* Task description: Within the listing that follows, state how many lines include the word "IsSettled"; write only that number.

* Source information:
━━━━━━━━━━━━━━━━━━━━

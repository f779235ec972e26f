//! What a request is answered that comes after others were.

ghost use Rattle.std.specs.Prelude.{◌≡◌, ◌∷◌, ◌++◌, ℕ, List, Option, Some};
ghost use Rattle.mc_model.specs.message.Decree.{Decree, Final};
ghost use Rattle.mc_model.specs.message.Chain.{final_in};
ghost use Rattle.mc_model.specs.synod.Lists.{In};
ghost use Rattle.mc_model.specs.synod.Majority.{Majority};
ghost use Rattle.mc_model.specs.synod.OneSlot.{Vote};
ghost use Rattle.mc_model.specs.synod.Packet.{Slot, Tell, TopVote};
ghost use Rattle.mc_model.specs.node.Actor.{Request, id_in};
ghost use Rattle.mc_model.specs.node.Settling.{HasTold, IsSettled, Covers, MeetsVote};
ghost use Rattle.mc_model.specs.node.Replies.{Accepted, Shown, Unknown};
ghost use Rattle.mc_model.specs.node.Act.{Act, Begins, Replies};
ghost use Rattle.mc_model.specs.cluster.World.{Deed, Run, cast, IsChosenIn, IsRun, past_of, reached, start};
ghost use Rattle.mc_model.specs.cluster.Steps.{StepRun, world_after};
ghost use Rattle.mc_model.specs.cluster.Fate.{States};

/// A query_sm that comes after a statement of a final state of its message, and is answered ESME_ROK, is told that state; and a
/// request that comes after ESME_ROK to the submit_sm of its message is never answered that there is no such message. The deeds
/// stand with the newest first: the reply, some others, the request with its ticket, and what was before it.
pub fn answers_are_fresh()
    ensures told { (run : Run) (newer : List Deed) (replying : Deed) (middle : List Deed) (beginning : Deed) (older : List Deed)
        (ticket : ℕ) (request : Request) (id : ℕ) (chain : List Decree) (stating : Deed) (final : Final) →
        past_of run ≡ newer ++ replying ∷ (middle ++ beginning ∷ older) →
        beginning.act ≡ Begins ticket request →
        replying ≡ record beginning { act = Replies ticket id (Shown chain) } →
        In stating older → States stating (id_in request) final → final_in chain ≡ Some final }
    ensures known { (run : Run) (newer : List Deed) (replying : Deed) (middle : List Deed) (beginning : Deed) (older : List Deed)
        (ticket : ℕ) (request : Request) (id : ℕ) (accepting : Deed) (taken : ℕ) →
        past_of run ≡ newer ++ replying ∷ (middle ++ beginning ∷ older) →
        beginning.act ≡ Begins ticket request →
        replying ≡ record beginning { act = Replies ticket id Unknown } →
        In accepting older → accepting.act ≡ Replies taken (id_in request) Accepted → ⊥ }
{}

/// The same over every list of steps.
pub fn answers_are_fresh_over_steps()
    ensures told { (run : StepRun) (newer : List Deed) (replying : Deed) (middle : List Deed) (beginning : Deed)
        (older : List Deed) (ticket : ℕ) (request : Request) (id : ℕ) (chain : List Decree) (stating : Deed) (final : Final) →
        (world_after run).past ≡ newer ++ replying ∷ (middle ++ beginning ∷ older) →
        beginning.act ≡ Begins ticket request →
        replying ≡ record beginning { act = Replies ticket id (Shown chain) } →
        In stating older → States stating (id_in request) final → final_in chain ≡ Some final }
    ensures known { (run : StepRun) (newer : List Deed) (replying : Deed) (middle : List Deed) (beginning : Deed)
        (older : List Deed) (ticket : ℕ) (request : Request) (id : ℕ) (accepting : Deed) (taken : ℕ) →
        (world_after run).past ≡ newer ++ replying ∷ (middle ++ beginning ∷ older) →
        beginning.act ≡ Begins ticket request →
        replying ≡ record beginning { act = Replies ticket id Unknown } →
        In accepting older → accepting.act ≡ Replies taken (id_in request) Accepted → ⊥ }
{}

/// Once a majority has told what it has, a request covers every choice that was made before it came.
pub fn a_settling_majority_has_seen_every_choice()
    ensures { (nodes : ℕ) (serials : ℕ → ℕ) (later : List (ℕ × Act)) (node ticket : ℕ) (request : Request) (earlier : List (ℕ
        × Act)) (slot : Slot) (vote : Vote) (known : Option (List Decree)) →
        IsRun (start nodes serials) (later ++ (node, Begins ticket request) ∷ earlier) →
        ((reached (start nodes serials) (later ++ (node, Begins ticket request) ∷ earlier)).actors node).incarnation ≡ ((reached
        (start nodes serials) earlier).actors node).incarnation →
        IsChosenIn (reached (start nodes serials) earlier) slot vote → slot.id ≡ id_in request →
        IsSettled nodes ((reached (start nodes serials) (later ++ (node, Begins ticket request) ∷ earlier)).actors node).received
        (record {
          node = node;
          incarnation = ((reached
              (start nodes serials) earlier).actors node).incarnation;
          ticket = ticket;
        }) known →
        Covers known slot.place }
{}

/// No Tell to the questions of a request was made before it came.
pub fn tells_follow_their_question()
    ensures { (nodes : ℕ) (serials : ℕ → ℕ) (node ticket : ℕ) (request : Request) (earlier : List (ℕ × Act)) →
        IsRun (start nodes serials) ((node, Begins ticket request) ∷ earlier) → (teller : ℕ) (told : Option TopVote) →
        In (Tell teller (record {
          node = node;
          incarnation = ((reached
              (start nodes serials) earlier).actors node).incarnation;
          ticket = ticket;
        }) told) (reached
        (start nodes serials) earlier).packets → ⊥ }
{}

/// A majority that tells of a request meets every choice that was made before it came: one of its nodes had voted for what was
/// chosen, and tells of that place or of a higher one.
pub fn tellers_meet_a_choice()
    ensures { (nodes : ℕ) (serials : ℕ → ℕ) (later : List (ℕ × Act)) (node ticket : ℕ) (request : Request) (earlier : List (ℕ
        × Act)) (slot : Slot) (vote : Vote) →
        IsRun (start nodes serials) (later ++ (node, Begins ticket request) ∷ earlier) →
        IsChosenIn (reached (start nodes serials) earlier) slot vote → slot.id ≡ id_in request →
        Majority nodes (HasTold ((reached (start nodes serials) (later ++ (node, Begins ticket request)
        ∷ earlier)).actors node).received (record {
          node = node;
          incarnation = ((reached
              (start nodes serials) earlier).actors node).incarnation;
          ticket = ticket;
        })) →
        MeetsVote ((reached (start nodes serials) (later ++ (node, Begins ticket request) ∷ earlier)).actors node).received
        (λ teller. In (cast teller slot vote) (reached (start nodes serials) earlier).votes)
        (record {
          node = node;
          incarnation = ((reached
              (start nodes serials) earlier).actors node).incarnation;
          ticket = ticket;
        }) slot.place }
{}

━━━━━━━━━━━━━━━━━━━━

* Solution: 2